To compare the pharmacodynamics and pharmacokinetics of IV morphine after cardiac surgery in two groups of children—those with and without Down syndrome.

Design:

Prospective, single-center observational trial.

Setting:

PICU in a university-affiliated pediatric teaching hospital.

Patients:

Twenty-one children with Down syndrome and 17 without, 3–36 months old, scheduled for cardiac surgery with cardiopulmonary bypass.

Interventions:

A loading dose of morphine (100 μg/kg) was administered after coming off bypass; thereafter, morphine infusion was commenced at 40 μg/kg/hr. During intensive care, nurses regularly assessed pain and discomfort with validated observational instruments (COMFORT-Behavior scale and Numeric Rating Scale—for pain). These scores guided analgesic and sedative treatment. Plasma samples were obtained for pharmacokinetic analysis.

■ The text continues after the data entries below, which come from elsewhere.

/// The line, the cause, and what it names.
fn parts_of<'a>(refusal: &Refusal, atoms: &'a Atoms) -> (u64, &'a str, &'a str) {
    match refusal {
        Refusal::BadToken { line } => (*line, "bad token", ""),
        Refusal::NotAClause { line } => (*line, "not a clause", ""),
        Refusal::TooDeep { line } => (*line, "too deep", ""),
        Refusal::TooManyAtoms { line } => (*line, "too many atoms", ""),
        Refusal::Outside { line, name } => {
            (*line, "outside ", atoms.get(*name).unwrap_or("nothing"))
        }
        Refusal::TooLarge { line, what } => (*line, "too large ", reason(*what)),
        Refusal::NoMemory => (0, "no memory", ""),
    }
}

/// A refusal as it is printed.
fn shown(alloc: Global, refusal: &Refusal, atoms: &Atoms) -> Result<String, Fail> {
    let (line, cause, name) = parts_of(refusal, atoms);
    Ok(format!(in alloc; "line {line}: {cause}{name}")?)
}

/// What a program's text is answered beside a table of names.
pub(crate) fn answer_beside(alloc: Global, text: &str, atoms: &mut Atoms) -> Result<String, Fail> {
    let refused = program(alloc, text.as_bytes(), atoms).err();
    match &refused {
        None => Ok(String::from_str(alloc, "a program")?),
        Some(refusal) => shown(alloc, refusal, atoms),
    }
}

fn is_answer(alloc: Global, text: &str, wanted: &str) -> Result<bool, Fail> {
    let mut atoms = new_atoms(alloc)?;
    Ok(answer_beside(alloc, text, &mut atoms)?.as_str() == wanted)
}

/// The name and the number of arguments of a head.
fn head_of<'a>(clause: &Clause, atoms: &'a Atoms) -> (&'a str, usize) {
    match clause.head() {
        Term::Atom(name) => (atoms.get(*name).unwrap_or(""), 0),
        Term::Node(name, args) => (atoms.get(*name).unwrap_or(""), args.len()),
        _ => ("", 0),
    }
}

/// A query with the heads of what is lifted from it, and the names of its variables.
fn shown_query(alloc: Global, query: &Query, atoms: &Atoms) -> Result<String, Fail> {
    let mut text = String::from_str(alloc, "a query")?;
    for clause in query.lifted() {
        let (name, arity) = head_of(clause, atoms);
        text.push_str(format!(in alloc; " {name}/{arity}")?.as_str())?;
    }
    for name in query.names() {
        text.push_str(" ")?;
        text.push_str(name.as_str())?;
    }
    Ok(text)
}

/// What the last piece of a source is read as beside a program.
fn last_query(
    alloc: Global,
    program: &Program,
    source: &str,
    atoms: &mut Atoms,
) -> Result<Result<Query, Refusal>, Fail> {
    let pieces = pieces(alloc, source.as_bytes()).ok().ok_or("no memory")?;
    let last = pieces.len().saturating_sub(1);
    let piece = pieces.get(last).ok_or("no piece")?;
    Ok(query(alloc, source.as_bytes(), piece, program, atoms))
}

fn last_answer(
    alloc: Global,
    program: &Program,
    source: &str,
    atoms: &mut Atoms,
) -> Result<String, Fail> {
    match &last_query(alloc, program, source, atoms)? {
        Ok(query) => shown_query(alloc, query, atoms),
        Err(refusal) => shown(alloc, refusal, atoms),
    }
}

fn program_of(alloc: Global, text: &str, atoms: &mut Atoms) -> Result<Program, Fail> {
    let program = program(alloc, text.as_bytes(), atoms).ok();
    Ok(program.ok_or("refused")?)
}

/// What the last query of a source is answered beside the program of a text.
fn query_answer(alloc: Global, file: &str, source: &str) -> Result<String, Fail> {
    let mut atoms = new_atoms(alloc)?;
    let program = program_of(alloc, file, &mut atoms)?;
    last_answer(alloc, &program, source, &mut atoms)
}

/// The names that no goal and no head may have; `\+` stands among the programs, since its quoted form differs.
static REFUSED: [&str; 57] = [
    "!",
    "->",
    "-->",
    ":-",
    "?-",
    "=..",
    "@<",
    "@>",
    "@=<",
    "@>=",
    "call",
    "once",
    "catch",
    "throw",
    "halt",
    "repeat",
    "assert",
    "asserta",
    "assertz",
    "retract",
    "abolish",
    "clause",
    "findall",
    "bagof",
    "setof",
    "functor",
    "arg",
    "copy_term",
    "compare",
    "var",
    "nonvar",
    "atom",
    "number",
    "integer",
    "float",
    "atomic",
    "compound",
    "ground",
    "indep",
    "read",
    "write",
    "writeq",
    "write_canonical",
    "print",
    "nl",
    "get_char",
    "put_char",
    "op",
    "consult",
    "atom_length",
    "atom_concat",
    "atom_chars",
    "atom_codes",
    "char_code",
    "sub_atom",
    "number_codes",
    "number_chars",
];

/// A program, and what it is answered.
static PROGRAMS: [(&str, &str); 79] = [
    ("", "a program"),
    ("% nothing\n", "a program"),
    ("p(1). p(2).", "a program"),
    ("n(z). n(s(X)) :- n(X).", "a program"),
    ("p(X) :- ( X = 1 ; X = 2 ).", "a program"),
    ("p :- X = 1.", "a program"),
    ("p :- a & (true => b).", "a program"),
    ("','(a,b,c).", "a program"),
    ("','.", "a program"),
    ("(a :- b).", "a program"),
    (
        "p(X) :- (ground((X)), indep(X,Y)) => a(Y) & b.",
        "a program",
    ),
    ("p :- (b, true => c & d) & a.", "a program"),
    ("true(X).", "a program"),
    ("=(X).", "a program"),
    ("is(X).", "a program"),
    ("p :- ground(X) => a.", "a program"),
    ("X.", "line 1: not a clause"),
    ("1.", "line 1: not a clause"),
    ("-1.", "line 1: not a clause"),
    ("a, b.", "line 1: not a clause"),
    ("a ; b.", "line 1: not a clause"),
    ("a & b.", "line 1: not a clause"),
    ("true => a.", "line 1: not a clause"),
    ("','(a,b).", "line 1: not a clause"),
    ("p :- 1.", "line 1: not a clause"),
    ("p :- a, 1.", "line 1: not a clause"),
    ("p :- (1 ; a).", "line 1: not a clause"),
    ("p :- a & 1.", "line 1: not a clause"),
    ("p :- f(X) => a.", "line 1: not a clause"),
    ("p :- ground(f(X)) => a.", "line 1: not a clause"),
    ("p :- ground(a) => b.", "line 1: not a clause"),
    ("p :- indep(X,a) => a.", "line 1: not a clause"),
    (
        "p(X) :- (true, ground(X)) => a & b.",
        "line 1: not a clause",
    ),
    (
        "p(X) :- (ground(X) ; ground(X)) => a.",
        "line 1: not a clause",
    ),
    ("p :- a & =>(true,b).", "line 1: not a clause"),
    ("p :- &(=>(true,b),a).", "line 1: not a clause"),
    ("X :- a.", "line 1: not a clause"),
    ("1 :- a.", "line 1: not a clause"),
    ("(a,b) :- c.", "line 1: not a clause"),
    ("(a & b) :- c.", "line 1: not a clause"),
    ("p(2", "line 1: not a clause"),
    ("p", "line 1: not a clause"),
    ("p :- .", "line 1: not a clause"),
    ("p :- a b.", "line 1: not a clause"),
    ("a = b = c.", "line 1: not a clause"),
    ("p(1).\np(2", "line 2: not a clause"),
    ("p :-\n\n 1.", "line 1: not a clause"),
    ("p.\n\n% c\nq :- 1.\n!.", "line 4: not a clause"),
    ("p :- !.", "line 1: outside !"),
    ("p :- X.", "line 1: outside call"),
    (":- a.", "line 1: outside :-"),
    (":- 1.", "line 1: outside :-"),
    ("?- a.", "line 1: outside ?-"),
    ("a --> b.", "line 1: outside -->"),
    ("p :- a -> b.", "line 1: outside ->"),
    ("p :- \\+ a.", "line 1: outside \\+"),
    ("p :- '\\\\+'(a, b).", "line 1: outside \\+"),
    ("'\\\\+' :- nl.", "line 1: outside \\+"),
    ("p :- call(X), findall(a,b,c).", "line 1: outside call"),
    ("call :- findall.", "line 1: outside call"),
    ("p :- (a ; !), halt.", "line 1: outside !"),
    ("p :- a & halt & nl.", "line 1: outside halt"),
    ("p :- a, (b & (c, write(x))), nl.", "line 1: outside write"),
    ("p :- ground(X).", "line 1: outside ground"),
    ("p(X) :- ground(X) => nl.", "line 1: outside nl"),
    ("(a :- b) :- c.", "line 1: outside :-"),
    ("true.", "line 1: outside true"),
    ("fail :- a.", "line 1: outside fail"),
    ("X = Y.", "line 1: outside ="),
    ("is(X,Y) :- a.", "line 1: outside is"),
    ("X >= Y.", "line 1: outside >="),
    ("ground(X).", "line 1: outside ground"),
    ("p :- ground(X) => indep(X,Y).", "line 1: outside indep"),
    ("p.\nq :-\n a, nl.", "line 2: outside nl"),
    ("p :- \"a\".", "line 1: bad token"),
    ("p.\nq :- {a}.", "line 2: bad token"),
    ("p :-\n `.", "line 2: bad token"),
    ("X.\n{.", "line 1: not a clause"),
    ("p :- !. q :- {}.", "line 1: outside !"),
];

Measurements and Main Results:

Median COMFORT-Behavior and Numeric Rating Scale scores were not statistically significantly different between the two groups. The median morphine infusion rate during the first 24 hours after surgery was 31.3 μg/kg/hr (interquartile range, 23.4–36.4) in the Down syndrome group versus 31.7 μg/kg/hr (interquartile range, 25.1–36.1) in the control group (p = 1.00). Population pharmacokinetic analysis revealed no statistically significant differences in any of the pharmacokinetic variables of morphine between the children with and without Down syndrome.

Conclusions:

This prospective trial showed that there are no differences in pharmacokinetics or pharmacodynamics between children with and without Down syndrome if pain and distress management is titrated to effect based on outcomes of validated assessment instruments. We have no evidence to adjust morphine dosing after cardiac surgery in children with Down syndrome.